### Exercise details
In the data below, one line contains "fn writes(change: &Change, page: u32) -> bool" and a later one contains "removal of the page, good or not.". Print both, with every line between them, exactly and alone.

[Stored dataset items]
◇ ◇ ◇

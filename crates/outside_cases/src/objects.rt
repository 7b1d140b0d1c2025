//! Calls on an object over memory, and on one over a file.
use blob_words::Octets;
use case_lines::{number, numbers, short_number, show, show_read, word};
use data_handles::{DataHandle, FileHandle, MemoryHandle};
use std::alloc::Global;
use std::io;

/// An object over the bytes of a text, whose reads of the numbers in `failing` fail.
pub fn new_object(alloc: Global, text: &str, failing: &str) -> anyhow::Result<MemoryHandle> {
    let bytes = Octets::from_slice(alloc, text.as_bytes())?;
    Ok(MemoryHandle::new(bytes, numbers(alloc, failing)?))
}

// Reads where the object has the range.
fn show_bytes<H: DataHandle>(rt: &HostRuntime, object: &mut H, line: &str) -> io::Result<()> {
    let off = number(line, 2);
    let mut out = [0u8; 64];
    let (bytes, _) = out.split_at_mut(short_number(line, 3).min(64) as usize);
    let size = object.size();
    if size < off || size - off < bytes.len() as u64 {
        return show(rt, line, &"no such range");
    }
    let answer = object.read(off, bytes);
    show_read(rt, line, &answer, bytes)
}

// Makes a call on an object, with an offset and a count of bytes.
fn call<H: DataHandle>(rt: &HostRuntime, object: &mut H, line: &str) -> io::Result<()> {
    match word(line, 1) {
        "read" => show_bytes(rt, object, line),
        "size" => show(rt, line, &object.size()),
        "faults" => show(rt, line, &object.faults()),
        _ => show(rt, line, &"no such call"),
    }
}

/// Makes a call on an object over memory. `new` takes a new one, of a text and the reads that fail.
pub fn call_memory(rt: &HostRuntime, object: &mut MemoryHandle, line: &str) -> anyhow::Result<()> {
    if word(line, 1) == "new" {
        *object = new_object(rt.alloc(), word(line, 2), word(line, 3))?;
        return Ok(());
    }
    Ok(call(rt, object, line)?)
}

// Opens an object over the file at a path.
fn open(rt: &HostRuntime, object: &mut Option<FileHandle>, line: &str) -> io::Result<()> {
    match FileHandle::open(rt, word(line, 2)) {
        Ok(handle) => {
            *object = Some(handle);
            Ok(())
        }
        Err(fault) => show(rt, line, &fault),
    }
}

/// Makes a call on an object over a file, once one is opened.
pub fn call_file(rt: &HostRuntime, object: &mut Option<FileHandle>, line: &str) -> io::Result<()> {
    if word(line, 1) == "open" {
        return open(rt, object, line);
    }
    match object {
        Some(handle) => call(rt, handle, line),
        None => Ok(()),
    }
}
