//! Calls on a table of renderers.
use blob_words::{BlobName, NoMemory, Octets, Origin, RendererId};
use case_lines::{short_number, show, word};
use renderer_table::{PassFault, Renderers};
use std::alloc::Global;
use std::io;

// More handles than the lines give a renderer on one blob.
const MANY: u64 = 1_000_000;

fn origin(alloc: Global, text: &str) -> anyhow::Result<Origin> {
    Ok(Origin::new(Octets::from_slice(alloc, text.as_bytes())?)?)
}

// One handle more, where the renderer is alive.
fn add_one(table: &mut Renderers, id: RendererId, blob: BlobName) -> Result<bool, NoMemory> {
    if table.origin_of(id).is_none() || table.count_of(id, blob) > MANY {
        return Ok(false);
    }
    table.add_one(id, blob)?;
    Ok(true)
}

// Passes a handle on, where the taker has not very many.
fn pass(
    table: &mut Renderers,
    from: RendererId,
    to: RendererId,
    blob: BlobName,
) -> Option<Result<(), PassFault>> {
    if table.count_of(to, blob) > MANY {
        return None;
    }
    Some(table.pass(from, to, blob))
}

// What a living renderer gives when it dies; it is dead after `None`.
fn die(table: &mut Renderers, id: RendererId) -> Option<(BlobName, u64)> {
    if table.origin_of(id).is_none() {
        return None;
    }
    table.die(id)
}

// Spawns so many renderers, and counts those that were taken.
fn fill(alloc: Global, table: &mut Renderers, count: u32) -> anyhow::Result<u32> {
    let origin = origin(alloc, "https://a.test")?;
    let mut spawned = 0u32;
    for number in 0..count {
        if table.spawn(RendererId(number), &origin).is_ok() {
            spawned = spawned.saturating_add(1);
        }
    }
    Ok(spawned)
}

// So many handles, each on a blob of its own, dealt out among so many renderers.
fn deal(table: &mut Renderers, count: u32, renderers: u32) -> Result<u32, NoMemory> {
    let mut added = 0u32;
    for number in 0..count {
        let blob = BlobName::from_number(u128::from(number.wrapping_mul(2_654_435_761)));
        let id = RendererId(number.checked_rem(renderers).unwrap_or(0));
        if add_one(table, id, blob)? {
            added = added.saturating_add(1);
        }
    }
    Ok(added)
}

// So many renderers die, each in so many steps; counts the blobs that they give.
fn empty(table: &mut Renderers, renderers: u32, each: u32) -> u32 {
    let mut given = 0u32;
    for number in 0..renderers {
        for _ in 0..each {
            if die(table, RendererId(number)).is_some() {
                given = given.saturating_add(1);
            }
        }
    }
    given
}

// Spawns a renderer of an origin.
fn spawn(rt: &HostRuntime, table: &mut Renderers, line: &str) -> anyhow::Result<()> {
    let origin = origin(rt.alloc(), word(line, 3))?;
    let answer = table.spawn(RendererId(short_number(line, 2)), &origin);
    Ok(show(rt, line, &answer)?)
}

// The origin of a renderer.
fn show_origin(rt: &HostRuntime, table: &Renderers, id: RendererId, line: &str) -> io::Result<()> {
    match table.origin_of(id) {
        Some(origin) => show(rt, line, &str::from_utf8(origin.as_slice())),
        None => show(rt, line, &"none"),
    }
}

// Makes a call on a renderer, with a blob and the renderer that takes a handle.
fn call_on(rt: &HostRuntime, table: &mut Renderers, line: &str) -> io::Result<()> {
    let id = RendererId(short_number(line, 2));
    let blob = BlobName::from_number(u128::from(short_number(line, 3)));
    match word(line, 1) {
        "origin" => show_origin(rt, table, id, line),
        "pass" => {
            let to = RendererId(short_number(line, 4));
            show(rt, line, &pass(table, id, to, blob))
        }
        "drop" => show(rt, line, &table.drop_one(id, blob)),
        "count" => show(rt, line, &table.count_of(id, blob)),
        "die" => show(rt, line, &die(table, id)),
        "first" => show(rt, line, &table.first_alive()),
        _ => show(rt, line, &"no such call"),
    }
}

// Adds a handle, or very many, for which memory may lack.
fn show_more(rt: &HostRuntime, table: &mut Renderers, line: &str) -> anyhow::Result<()> {
    let (one, two) = (short_number(line, 2), short_number(line, 3));
    let shown = match word(line, 1) {
        "add" => {
            let blob = BlobName::from_number(u128::from(two));
            show(rt, line, &add_one(table, RendererId(one), blob)?)
        }
        "deal" => show(rt, line, &deal(table, one, two)?),
        "fill" => show(rt, line, &fill(rt.alloc(), table, one)?),
        _ => show(rt, line, &empty(table, one, two)),
    };
    Ok(shown?)
}

/// Makes a call on a table of renderers, with a renderer, a blob and the renderer that takes a
/// handle; or with two counts.
pub fn call(rt: &HostRuntime, table: &mut Renderers, line: &str) -> anyhow::Result<()> {
    match word(line, 1) {
        "new" => {
            *table = Renderers::new(rt.alloc())?;
            Ok(())
        }
        "spawn" => spawn(rt, table, line),
        "add" | "deal" | "fill" | "empty" => show_more(rt, table, line),
        _ => Ok(call_on(rt, table, line)?),
    }
}
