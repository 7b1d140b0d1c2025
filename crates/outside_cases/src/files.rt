//! Calls on a table of files.
use blob_words::{FileName, NoMemory, Octets};
use case_lines::{number, short_number, show, show_read, word};
use file_table::FileTable;
use std::alloc::Global;
use std::io;

// The bytes of a word, in which `^` stands for a NUL byte.
fn bytes_of(alloc: Global, text: &str) -> Result<Octets, NoMemory> {
    let mut bytes = Octets::new(alloc);
    for byte in text.as_bytes() {
        let is_nul = *byte == b'^';
        bytes.push(if is_nul { 0 } else { *byte })?;
    }
    Ok(bytes)
}

// Notes a file that is named by a number; whether it was taken.
fn note_one(alloc: Global, files: &mut FileTable, number: u32) -> anyhow::Result<bool> {
    let text = format!(in alloc; "{number}.png")?;
    let name = FileName::new(bytes_of(alloc, text.as_str())?)?;
    Ok(files.note(&name, 1, b"x").is_ok())
}

// Notes so many files, and counts those that were taken.
fn fill(alloc: Global, files: &mut FileTable, count: u32) -> anyhow::Result<u32> {
    let mut taken = 0u32;
    for number in 0..count {
        if note_one(alloc, files, number)? {
            taken = taken.saturating_add(1);
        }
    }
    Ok(taken)
}

// Reads a range of a file, of a stamp.
fn show_range(rt: &HostRuntime, files: &FileTable, file: &FileName, line: &str) -> io::Result<()> {
    let mut out = [0u8; 64];
    let (bytes, _) = out.split_at_mut(short_number(line, 5).min(64) as usize);
    let answer = files.read_range(file, number(line, 3), number(line, 4), bytes);
    show_read(rt, line, &answer, bytes)
}

// Makes a call on a file, with a stamp, an offset and a count of bytes, or a content.
fn call_on(rt: &HostRuntime, files: &mut FileTable, file: &FileName, line: &str) -> io::Result<()> {
    match word(line, 1) {
        "note" => {
            let content = word(line, 4).as_bytes();
            show(rt, line, &files.note(file, number(line, 3), content))
        }
        "forget" => show(rt, line, &files.forget(file)),
        "state" => show(rt, line, &files.state(file)),
        "read" => show_range(rt, files, file, line),
        _ => show(rt, line, &"no such call"),
    }
}

// Makes a call on the file that a line names, in whose name `^` stands for a NUL byte.
fn call_by_name(rt: &HostRuntime, files: &mut FileTable, line: &str) -> anyhow::Result<()> {
    let shown = match FileName::new(bytes_of(rt.alloc(), word(line, 2))?) {
        Ok(file) => call_on(rt, files, &file, line),
        Err(fault) => show(rt, line, &fault),
    };
    Ok(shown?)
}

/// Makes a call on a table of files.
pub fn call(rt: &HostRuntime, files: &mut FileTable, line: &str) -> anyhow::Result<()> {
    match word(line, 1) {
        "new" => {
            *files = FileTable::new(rt.alloc())?;
            Ok(())
        }
        "fill" => {
            let taken = fill(rt.alloc(), files, short_number(line, 2))?;
            Ok(show(rt, line, &taken)?)
        }
        _ => call_by_name(rt, files, line),
    }
}
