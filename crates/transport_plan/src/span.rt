ghost use Rattle.std.specs.Prelude.{◌≡◌, ◌+◌, ◌*◌, ◌≤◌, ◌<◌, ◌^◌, slice_index_or};
ghost use Rattle.transport_plan.specs.Spans.{IsPlanOf, segments, segment_spans, span_at, piece_count, piece_spans};

use blob_words::{Limits, Plan};

/// The k-th span of so many bytes that are cut at the multiples of `size`.
fn span_at(size: u64, len: u64, k: u64) -> (u64, u64)
    requires size { 0 < size }
    requires within { k * size < len }
    ensures { result ≡ span_at size len k }
{
    let start = k * size;
    (start, size.min(len - start))
}

/// The k-th piece of the parts.
fn piece_span(parts: &[u64], page: u64, k: u64) -> (u64, u64)
    requires page { 0 < page }
    requires page_bound { page ≤ 2 ^ 18 }
    requires number { piece_count page parts.now < 2 ^ 32 }
    requires within { k < piece_count page parts.now }
    ensures { result ≡ slice_index_or (piece_spans page 0 parts.now) k (0, 0) }
{
    let mut from = 0;
    let mut left = k;
    for len in parts {
        let count = len.div_ceil(page);
        if left < count {
            let (start, size) = span_at(page, *len, left);
            return (from + start, size);
        }
        left -= count;
        from += *len;
    }
    unreachable!()
}

/// Start and length, in the own bytes, of the k-th segment of a shared or a file plan.
pub fn segment_span(parts: &[u64], plan: Plan, limits: &Limits, k: u32) -> (u64, u64)
    requires plan { IsPlanOf parts.now plan limits.now }
    requires within { k < segments plan }
    ensures { result ≡ slice_index_or (segment_spans parts.now plan limits.now) k (0, 0) }
{
    match plan {
        Plan::Shared(_) => {
            let own = parts.iter().sum();
            span_at(limits.segment, own, u64::from(k))
        }
        Plan::File(_) => piece_span(parts, limits.page, u64::from(k)),
        Plan::None | Plan::Inline | Plan::OutOfMemory | Plan::TooMany(_) => unreachable!(),
    }
}
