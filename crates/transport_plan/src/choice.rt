ghost use Rattle.std.specs.Prelude.{◌≡◌, ◌+◌, ◌≤◌, ◌^◌};
ghost use Rattle.transport_plan.specs.Plan.{has_file_room, fits_inline, file_plan, shared_plan, plan_of, FitsPlan};

use crate::input::PlanInput;
use blob_words::bounds::{MOST_PIECES, MOST_SEGMENTS};
use blob_words::{Counted, Plan};

/// Whether paging is on and page files have room for the own bytes.
fn has_file_room(input: &PlanInput) -> bool
    requires { input.now.embedded + input.now.asked ≤ 2 ^ 62 }
    ensures { result ≡ has_file_room input.now }
{
    let own = input.embedded + input.asked;
    let disk = input.limits.disk;
    input.paging && input.disk_used <= disk && own <= disk - input.disk_used
}

/// Whether the own bytes can be taken from the line as it stands.
fn fits_inline(input: &PlanInput) -> bool
    requires { input.now.embedded + input.now.asked ≤ 2 ^ 62 }
    ensures { result ≡ fits_inline input.now }
{
    let own = input.embedded + input.asked;
    let memory = input.limits.memory;
    if input.asked != 0 || input.waiting || own > input.limits.inline_max {
        return false;
    }
    input.memory_used <= memory && own <= memory - input.memory_used
}

fn file_plan(pieces: u64) -> Plan
    ensures { result ≡ file_plan pieces }
{
    if pieces > MOST_PIECES as u64 {
        Plan::TooMany(Counted::Pieces)
    } else {
        Plan::File(pieces as u32)
    }
}

fn shared_plan(segments: u64) -> Plan
    ensures { result ≡ shared_plan segments }
{
    if segments > MOST_SEGMENTS as u64 {
        Plan::TooMany(Counted::Segments)
    } else {
        Plan::Shared(segments as u32)
    }
}

/// The plan for the own bytes, `pieces` of the input being the number of their pieces.
pub fn plan(input: &PlanInput) -> Plan
    requires { input.now.embedded + input.now.asked ≤ 2 ^ 62 }
    ensures value { result ≡ plan_of input.now }
    ensures fits { FitsPlan input.now result }
{
    let own = input.embedded + input.asked;
    if own == 0 {
        return Plan::None;
    }
    let files = has_file_room(input);
    if own > input.limits.memory && !files {
        return Plan::OutOfMemory;
    }
    if own > input.limits.big && files {
        return file_plan(input.pieces);
    }
    if fits_inline(input) {
        return Plan::Inline;
    }
    shared_plan(own.div_ceil(input.limits.segment))
}
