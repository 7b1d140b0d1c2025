ghost use Rattle.transport_plan.specs.Spans.{SpansCover};

/// A law about the segments of a plan: they cover each own byte once. It does nothing.
pub fn spans_cover()
    ensures { SpansCover }
{}
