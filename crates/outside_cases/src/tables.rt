//! The tables of names: files, URLs and renderers.
use crate::{files, renderers, urls};
use case_lines::word;
use file_table::FileTable;
use renderer_table::Renderers;
use std::alloc::Global;
use url_store::UrlStore;

/// A table of each kind, as the lines before left it.
#[derive(Drop)]
pub struct Tables {
    files: FileTable,
    urls: UrlStore,
    renderers: Renderers,
}

impl Tables {
    /// Empty tables.
    pub fn new(alloc: Global) -> anyhow::Result<Tables> {
        Ok(Tables {
            files: FileTable::new(alloc)?,
            urls: UrlStore::new(alloc)?,
            renderers: Renderers::new(alloc)?,
        })
    }

    /// Makes the call of a line, and shows its answer.
    pub fn call(&mut self, rt: &HostRuntime, line: &str) -> anyhow::Result<()> {
        match word(line, 0) {
            "files" => files::call(rt, &mut self.files, line),
            "urls" => urls::call(rt, &mut self.urls, line),
            _ => renderers::call(rt, &mut self.renderers, line),
        }
    }
}
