//! Calls on a disk over memory.
ghost use Rattle.std.specs.Prelude.{◌≡◌, ◌+◌, None, IsTrue};
ghost use Rattle.std.specs.List.{list_any};
ghost use Rattle.std.specs.Option.{option_copied};
ghost use Rattle.page_disk.specs.Changes.{last_put, put_by, removes, writes, HasRange};
ghost use Rattle.page_disk.specs.Memory.{open_in};

use blob_words::bounds::LONGEST_APPEND;
use blob_words::{Failed, PageNo};
use case_lines::{memory_disk, number, short_number, show, show_changes, show_read, word};
use page_disk::{Change, MemoryDisk, PageDisk, PutFault};
use std::io;

// Whether a change is a write of the page, good or not.
fn writes(change: &Change, page: u32) -> bool
    ensures { result ≡ writes page change.now }
{
    match change {
        Change::Put(one, _) => page == one.0,
        Change::Torn(one) => page == one.0,
        Change::Remove(_) => false,
        Change::Left(_) => false,
    }
}

// Whether a change is a removal of the page, good or not.
fn removes(change: &Change, page: u32) -> bool
    ensures { result ≡ removes page change.now }
{
    match change {
        Change::Put(_, _) => false,
        Change::Torn(_) => false,
        Change::Remove(one) => page == one.0,
        Change::Left(one) => page == one.0,
    }
}

fn was_written(changes: &[Change], page: u32) -> bool
    ensures { result ≡ list_any (writes page) changes.now }
{
    changes.iter().any(|change| writes(change, page))
}

fn was_asked(changes: &[Change], page: u32) -> bool
    ensures { result ≡ list_any (removes page) changes.now }
{
    changes.iter().any(|change| removes(change, page))
}

// The bytes that a change puts into the page.
fn put_by(change: &Change, page: u32) -> Option<&[u8]>
    ensures { option_copied result ≡ put_by page change.now }
{
    match change {
        Change::Put(one, bytes) => {
            if page == one.0 {
                return Some(bytes.as_slice());
            }
            None
        }
        Change::Torn(_) => None,
        Change::Remove(_) => None,
        Change::Left(_) => None,
    }
}

// The bytes last put into the page.
fn last_put(changes: &[Change], page: u32) -> Option<&[u8]>
    ensures { option_copied result ≡ last_put page changes.now }
{
    let (first, rest) = changes.split_first()?;
    last_put(rest, page).or(put_by(first, page))
}

// Whether the page was put, was not asked for, and has these bytes.
fn has_range(changes: &[Change], page: u32, off: u64, count: usize) -> bool
    ensures { IsTrue result → HasRange page off count changes.now }
{
    if was_asked(changes, page) {
        return false;
    }
    match last_put(changes, page) {
        Some(bytes) => off <= bytes.len() as u64 && count as u64 <= bytes.len() as u64 - off,
        None => false,
    }
}

// Writes a new page in two parts, and tells how far it came.
fn put(disk: &mut MemoryDisk, page: u32, first: &[u8], second: &[u8]) -> &'static str
    requires closed { open_in disk.old ≡ None }
    ensures closed { open_in disk.new ≡ None }
{
    if first.is_empty() || first.len() > LONGEST_APPEND {
        return "no such write";
    }
    if second.is_empty() || second.len() > LONGEST_APPEND {
        return "no such write";
    }
    if was_written(disk.changes(), page) {
        return "not a new page";
    }
    if disk
        .begin(PageNo(page), first.len() as u64 + second.len() as u64)
        .is_err()
    {
        return "not begun";
    }
    if disk.append(first).is_err() || disk.append(second).is_err() {
        return "not appended";
    }
    if disk.seal().is_err() {
        return "not sealed";
    }
    "put"
}

// Begins the write of a new page of so many bytes. Where it begins, `other` is the disk from then
// on.
fn begin(disk: &mut MemoryDisk, page: u32, len: u64, other: MemoryDisk) -> Result<(), PutFault>
    requires closed { open_in disk.old ≡ None }
    requires closed_too { open_in other ≡ None }
    ensures closed { open_in disk.new ≡ None }
{
    if len == 0 || was_written(disk.changes(), page) {
        return Ok(());
    }
    disk.begin(PageNo(page), len)?;
    *disk = other;
    Ok(())
}

// Reads where the page has the range.
fn get(disk: &mut MemoryDisk, page: u32, off: u64, out: &mut [u8]) -> Option<Result<(), Failed>>
    requires closed { open_in disk.old ≡ None }
    ensures closed { open_in disk.new ≡ None }
{
    if !has_range(disk.changes(), page, off, out.len()) {
        return None;
    }
    Some(disk.get(PageNo(page), off, out))
}

// Removes a page that stands.
fn remove(disk: &mut MemoryDisk, page: u32) -> Option<Result<(), Failed>>
    requires closed { open_in disk.old ≡ None }
    ensures closed { open_in disk.new ≡ None }
{
    if !was_written(disk.changes(), page) || was_asked(disk.changes(), page) {
        return None;
    }
    Some(disk.remove(PageNo(page)))
}

// Reads into a line.
fn show_get(rt: &HostRuntime, disk: &mut MemoryDisk, line: &str) -> io::Result<()>
    requires closed { open_in disk.old ≡ None }
    ensures closed { open_in disk.new ≡ None }
{
    let mut out = [0u8; 64];
    let (bytes, _) = out.split_at_mut(short_number(line, 4).min(64) as usize);
    match get(disk, short_number(line, 2), number(line, 3), bytes) {
        Some(answer) => show_read(rt, line, &answer, bytes),
        None => show(rt, line, &"no such range"),
    }
}

// Makes a call on a page, with two parts of it, or an offset and a count of bytes.
fn call_on(rt: &HostRuntime, disk: &mut MemoryDisk, line: &str) -> io::Result<()>
    requires closed { open_in disk.old ≡ None }
    ensures closed { open_in disk.new ≡ None }
{
    let page = short_number(line, 2);
    match word(line, 1) {
        "put" => {
            let (first, second) = (word(line, 3).as_bytes(), word(line, 4).as_bytes());
            show(rt, line, &put(disk, page, first, second))
        }
        "get" => show_get(rt, disk, line),
        "remove" => show(rt, line, &remove(disk, page)),
        "changes" => show_changes(rt, disk.changes()),
        _ => show(rt, line, &"no such call"),
    }
}

// Begins the write of a page of so many bytes.
fn show_begin(rt: &HostRuntime, disk: &mut MemoryDisk, line: &str) -> anyhow::Result<()>
    requires closed { open_in disk.old ≡ None }
    ensures closed { open_in disk.new ≡ None }
{
    let other = memory_disk(rt.alloc(), "-", "-")?;
    let begun = begin(disk, short_number(line, 2), number(line, 3), other);
    Ok(show(rt, line, &begun)?)
}

/// Makes a call on a disk over memory. `new` takes a new one, of the calls that fail.
pub fn call(rt: &HostRuntime, disk: &mut MemoryDisk, line: &str) -> anyhow::Result<()>
    requires closed { open_in disk.old ≡ None }
    ensures closed { open_in disk.new ≡ None }
{
    match word(line, 1) {
        "new" => {
            *disk = memory_disk(rt.alloc(), word(line, 2), word(line, 3))?;
            Ok(())
        }
        "begin" => show_begin(rt, disk, line),
        _ => Ok(call_on(rt, disk, line)?),
    }
}
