ghost use Rattle.std.specs.Prelude.{◌≡◌, ◌≤◌, ◌<◌, ◌^◌, sum};
ghost use Rattle.transport_plan.specs.Spans.{piece_count};

/// The number of pieces of parts of these lengths, each cut at the multiples of `page` from
/// its own start.
pub fn pieces_of(parts: &[u64], page: u64) -> u64
    requires sum { sum parts.now ≤ 2 ^ 62 }
    requires page { 0 < page }
    ensures { result ≡ piece_count page parts.now }
{
    let mut count = 0;
    for len in parts {
        count += len.div_ceil(page);
    }
    count
}
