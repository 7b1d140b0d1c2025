//! The disks, between two lines with no write open.
ghost use Rattle.std.specs.Prelude.{◌≡◌, None};
ghost use Rattle.page_disk.specs.Memory.{open_in};

use crate::{folder, memory};
use case_lines::{memory_disk, word};
use page_disk::{FolderDisk, MemoryDisk, PageDisk};

/// A disk of each kind, as the lines before left it.
#[derive(Drop)]
pub struct Disks {
    memory: MemoryDisk,
    folder: FolderDisk<HostRuntime>,
    ghost memory_closed: { open_in memory ≡ None },
    ghost folder_closed: { ⟦<FolderDisk<HostRuntime> as PageDisk>⟧.writing folder ≡ None },
}

impl Disks {
    /// New disks.
    pub fn new(rt: &HostRuntime) -> anyhow::Result<Disks> {
        let memory = memory_disk(rt.alloc(), "-", "-")?;
        let folder = FolderDisk::new(rt.clone()?, rt.alloc(), "pages")?;
        Ok(Disks { memory, folder })
    }

    /// Makes the call of a line, and shows its answer.
    pub fn call(&mut self, rt: &HostRuntime, line: &str) -> anyhow::Result<()> {
        match word(line, 0) {
            "memory" => memory::call(rt, &mut self.memory, line),
            _ => folder::call(rt, &mut self.folder, line),
        }
    }
}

◇ ◇ ◇

### Solution for this problem
fn writes(change: &Change, page: u32) -> bool
    ensures { result ≡ writes page change.now }
{
    match change {
        Change::Put(one, _) => page == one.0,
        Change::Torn(one) => page == one.0,
        Change::Remove(_) => false,
        Change::Left(_) => false,
    }
}

// Whether a change is a removal of the page, good or not.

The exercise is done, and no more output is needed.